Deferred gratification: engineering for high performance garbage collection from the get go

  • Authors:
  • Ivan Jibaja;Stephen M. Blackburn;Mohammad R. Haghighat;Kathryn S. McKinley

  • Affiliations:
  • The University of Texas at Austin;Australian National University;Intel Corporation;The University of Texas at Austin

  • Venue:
  • Proceedings of the 2011 ACM SIGPLAN Workshop on Memory Systems Performance and Correctness
  • Year:
  • 2011

Quantified Score

Hi-index 0.00

Visualization

Abstract

Implementing a new programming language system is a daunting task. A common trap is to punt on the design and engineering of exact garbage collection and instead opt for reference counting or conservative garbage collection (GC). For example, AppleScript™, Perl, Python, and PHP implementers chose reference counting (RC) and Ruby chose conservative GC. Although easier to get working, reference counting has terrible performance and conservative GC is inflexible and performs poorly when allocation rates are high.

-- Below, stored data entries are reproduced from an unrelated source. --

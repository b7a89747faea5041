// Parts of values that may be missing.
ghost use Rattle.std.specs.Prelude.{◌≡◌, chars, map, option_map, IfOk};
ghost use Rattle.arm_value.specs.View.{json};
ghost use Rattle.function_lists.specs.Values.{or_null};
ghost use Rattle.function_lists.specs.Members as row;
ghost use Rattle.function_lists.specs.Members.{element, part_of_null, part_of_items, part_of_members, part_of};
ghost use Rattle.function_lists.specs.Members.{part_along, tried};

use crate::values::copy_or_null;
use arm_value::{Fields, Items, OutOfMemory, Value};
use std::alloc::Global;

// The item at a place, which may be below 0.
fn element(items: &Items, place: i64) -> Option<&Value>
    ensures { option_map (λ v. json v.now) result ≡ element place items.now }
{
    if place < 0 {
        return None;
    }
    items.at(place as usize)
}

// In the results below none means null.

fn part_of_null<'a>(part: &Value) -> Option<Option<&'a Value>>
    ensures { option_map (λ o. or_null (option_map (λ v. json v.now) o)) result ≡ part_of_null (json part.now) }
{
    match part {
        Value::Text(_) => Some(None),
        Value::Int(_) => Some(None),
        _ => None,
    }
}

fn part_of_items<'a>(items: &'a Items, part: &Value) -> Option<Option<&'a Value>>
    ensures { option_map (λ o. or_null (option_map (λ v. json v.now) o)) result
        ≡ part_of_items items.now (json part.now) }
{
    match part {
        Value::Text(_) => Some(None),
        Value::Int(place) => Some(element(items, *place)),
        _ => None,
    }
}

fn part_of_members<'a>(fields: &'a Fields, part: &Value) -> Option<Option<&'a Value>>
    ensures { option_map (λ o. or_null (option_map (λ v. json v.now) o)) result
        ≡ part_of_members fields.now (json part.now) }
{
    match part {
        Value::Text(name) => Some(fields.look(name.as_str())),
        Value::Int(_) => Some(None),
        _ => None,
    }
}

#[tactic(auto, using(function_numbers::proofs::RowLemmas::rows_and_pairs))]
fn part_of_value<'a>(value: &'a Value, part: &Value) -> Option<Option<&'a Value>>
    ensures { option_map (λ o. or_null (option_map (λ v. json v.now) o)) result
        ≡ part_of (json value.now) (json part.now) }
{
    match value {
        Value::Null => part_of_null(part),
        Value::Array(items) => part_of_items(items, part),
        Value::Object(fields) => part_of_members(fields, part),
        _ => None,
    }
}

fn part_of<'a>(here: Option<&'a Value>, part: &Value) -> Option<Option<&'a Value>>
    ensures { option_map (λ o. or_null (option_map (λ v. json v.now) o)) result
        ≡ part_of (or_null (option_map (λ v. json v.now) here.entry)) (json part.now) }
{
    match here {
        Some(value) => part_of_value(value, part),
        None => part_of_null(part),
    }
}

fn part_along<'a>(value: &'a Value, path: &[Value]) -> Option<Option<&'a Value>>
    ensures { option_map (λ o. or_null (option_map (λ v. json v.now) o)) result
        ≡ part_along (json value.now) (map json path.now) }
{
    let mut here = Some(value);
    for part in path {
        match part_of(here, part) {
            Some(next) => here = next,
            None => return None,
        }
    }
    Some(here)
}

fn tried(alloc: Global, value: &Value, path: &[Value]) -> Result<Option<Value>, OutOfMemory>
    ensures { IfOk result (λ part. option_map json part ≡ tried (json value.now) (map json path.now)) }
{
    if path.is_empty() {
        return Ok(None);
    }
    match part_along(value, path) {
        Some(part) => Ok(Some(copy_or_null(alloc, part)?)),
        None => Ok(None),
    }
}

/// `tryGet`: the part of the part of the value, by names in objects and places in arrays.
///
/// It is null where a part is missing or null, and none where a value on the way has no parts, or
/// where a part is asked for by neither a text nor a number.
pub fn try_get(alloc: Global, args: &[Value]) -> Result<Option<Value>, OutOfMemory>
    ensures { IfOk result (λ value. option_map json value ≡ row.try_get (map json args.now)) }
{
    match args {
        [value, path @ ..] => tried(alloc, value, path),
        [] => Ok(None),
    }
}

However, high performance GC is central to performance for managed languages and only becoming more critical due to relatively lower memory bandwidth and higher memory latency of modern architectures. Unfortunately, retrofitting support for high performance collectors later is a formidable software engineering task due to their exact nature. Whether they realize it or not, implementers have three routes: (1) forge ahead with reference counting or conservative GC, and worry about the consequences later; (2) build the language on top of an existing managed runtime with exact GC, and tune the GC to scripting language workloads; or (3) engineer exact GC from the ground up and enjoy the correctness and performance benefits sooner rather than later. We explore this conundrum using PHP, the most popular server side scripting language. PHP implements reference counting, mirroring scripting languages before it. Because reference counting is incomplete, the implementors must (a) also implement tracing to detect cyclic garbage, or (b) prohibit cyclic data structures, or (c) never reclaim cyclic garbage. PHP chose (a), AppleScript chose (b), and Perl chose (c). We characterize the memory behavior of five typical PHP programs to determine whether their implementation choice was a good one in light of the growing demand for high performance PHP. The memory behavior of these PHP programs is similar to other managed languages, such as Java™ ---they allocate many short lived objects, a large variety of object sizes, and the average allocated object size is small. These characteristics suggest copying generational GC will attain high performance. Language implementers who are serious about correctness and performance need to understand deferred gratification: paying the software engineering cost of exact GC up front will deliver correctness and memory system performance later.